Events from the year 1876 in Ireland.
==Events==
- 26 January – Dublin Women's Suffrage Association established.
- 1 April – Great Northern Railway (Ireland) formed by a merger of the Irish North Western Railway, Northern Railway of Ireland and the Ulster Railway.
- June – Dublin Artisans' Dwellings Company established.
- 29 December – Society for the Preservation of the Irish Language established.
- Return of Owners of Land in Ireland made.
- St. Michael's Hospital (Dún Laoghaire) established by the Sisters of Mercy.
- Grangegorman Military Cemetery opens in Dublin.

==Arts and literature==

Henry Albert Hartland's 1876 landscape painting On the moors, Achill Island, Co.
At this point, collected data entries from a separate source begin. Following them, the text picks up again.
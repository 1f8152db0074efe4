// Replays stored cases of ranks, rankings and searches and prints what our crates answer; `stdin` lists the cases and says how their answers were made.
#![tactic(auto)]

mod rankings;
mod ranks;
mod searches;

use cases::input::answer_input;
use std::io;

// The ranks of subsets, the rankings of counts, the searches.
fn main(rt: HostRuntime) -> io::Result<()> {
    answer_input::<655360, _>(rt.stdin(), |reader| {
        ranks::replay(rt.stdout(), reader)?;
        rankings::replay(rt.stdout(), reader)?;
        searches::replay(rt.stdout(), reader)
    })
}
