// Cases of ranks: B, k and 20 bits, of which those past k mean nothing. Answer: the refusal and the rank.
use cases::printing::{end_line, print_number};
use cases::reading::Reader;
use counting::refusal::refusal_of;
use std::io;
use std::io::Stdout;
use subsets::rank::compute_index;

// The number of cases, then the cases.
pub fn replay(stdout: Stdout, reader: &mut Reader) -> io::Result<()> {
    reader.each(|reader| replay_one(stdout, reader))
}

fn replay_one(stdout: Stdout, reader: &mut Reader) -> io::Result<()> {
    let block_size = reader.size();
    let width = reader.size();
    let ranked = compute_index(block_size, width, reader.bits());
    print_number(stdout, refusal_of(&ranked))?;
    print_number(stdout, ranked.unwrap_or(0))?;
    end_line(stdout)
}
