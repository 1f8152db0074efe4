// Cases of the ranking of one subset: k, the length of the table of roots, the 2 ^ k counts.
// Answer: a line with the division and the pattern of z, and a line with the order and the two entries past it, which stay as lent.
ghost use Rattle.std.specs.Prelude.{◌≡◌, ◌^◌, ◌≤◌, IfSome, length};
ghost use Rattle.counting.specs.Sample.{total};

use cases::patterns::print_double;
use cases::printing::{end_line, print_number, print_numbers};
use cases::reading::Reader;
use counting::block::bin_count;
use counting::buffer::filled;
use ranking::ranking::{fill_roots, from_bins};
use std::io;
use std::io::Stdout;

// The number of cases, then the cases.
pub fn replay(stdout: Stdout, reader: &mut Reader) -> io::Result<()> {
    reader.each(|reader| replay_one(stdout, reader))
}

fn replay_one(stdout: Stdout, reader: &mut Reader) -> io::Result<()> {
    // Room for the bins of 12 bits and two entries past them.
    let mut bins = filled::<u32, 4098>(99);
    let mut order = filled::<u32, 4098>(99);
    let mut roots = filled::<f64, 4096>(0.0);
    let k = reader.at_most(12);
    let known = reader.at_most(roots.len());
    let m = bins_of(k);
    let bins = &mut bins[..m];
    reader.fill(bins, u32::MAX);
    answer(stdout, bins, &mut order[..m + 2], k, &mut roots[..known])
}

// The number of bins of k bits.
fn bins_of(k: usize) -> usize
    requires { k ≤ 12 }
    ensures { (result ≡ 2 ^ k) × (result ≤ 4096) }
{
    bin_count(k)
}

// Prints 99999999 alone where the counts add up to more than the largest u32.
fn answer(
    stdout: Stdout,
    bins: &[u32],
    order: &mut [u32],
    k: usize,
    roots: &mut [f64],
) -> io::Result<()>
    requires { (k ≤ 12) × (length bins.now ≡ 2 ^ k) × (2 ^ k ≤ length order.old) × (length roots.old ≤ 4096) }
{
    let Some(n) = blocks(bins) else {
        print_number(stdout, 99999999)?;
        return end_line(stdout);
    };
    fill_roots(roots, n, k);
    let ranking = from_bins(bins, order, n, k, roots);
    print_number(stdout, ranking.division)?;
    print_double(stdout, ranking.z)?;
    end_line(stdout)?;
    print_numbers(stdout, order)?;
    end_line(stdout)
}

// The sum of the counts.
fn blocks(bins: &[u32]) -> Option<u32>
    ensures { IfSome result (λ n. n ≡ total bins.now) }
{
    let mut n = 0u32;
    for count in bins {
        n = n.checked_add(*count)?;
    }
    Some(n)
}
Mayo, Ireland

- March – George Bernard Shaw moves permanently from Dublin to England.
- Earliest published version of the song "Molly Malone", in Boston, Massachusetts.
- Song "Rose of Killarney" composed by John Rogers Thomas in the United States.

==Sport==
- July – First All Ireland Lawn Tennis Championships held in Dublin.
- First Ulster Schools' Cup (rugby union) competition.
- Sports clubs established: Clontarf Cricket Club, Clontarf F.C. (rugby union), Mountmellick Athletic Club, St Finbarr's National Hurling & Football Club (Cork).

==Births==
- 5 January – Lucien Bull, pioneer in chronophotography (died 1972 in France).
- 21 January
  - James Charles Brady, Canadian politician (died 1962 in Canada).
  - James Larkin, trade union leader, socialist and Irish Labour Party TD, in Liverpool (died 1947).
- 25 February – Philip Graves, journalist and writer (died 1953).
- 11 April – Paul Henry, artist (died 1958).
- 14 June – George Townshend, writer, clergyman and Baháʼí (died 1957).
- 27 June – Gladys Wynne, landscape watercolourist (died 1968).
- 3 August – Sep Lambert, cricketer (died 1959).
- 22 October – Feardorcha Ó Conaill, Gaelic scholar (died 1929)
  - Full date unknown
    - Cissie Cahalan, trade unionist, feminist and suffragette (died 1948).
    - Frederick James Walker, motor cycle racer (killed at 1914 Isle of Man TT races).

==Deaths==
- 15 February – Daniel Pollen, politician, ninth Premier of New Zealand (born 1813).
- 19 April – William Wilde, surgeon, author and father of Oscar Wilde (born 1815).
- 7 May – Joseph Philip Ronayne, civil engineer (born 1822).
- 16 June – Sir Henry Thomas, police magistrate in London (born 1807).
- 25 June – Myles Keogh, officer in American Civil War, later in U.S. 7th Cavalry Regiment, killed at the Battle of the Little Bighorn (born 1840).
- 14 July – James Henry, physician, classical scholar and poet (born 1798).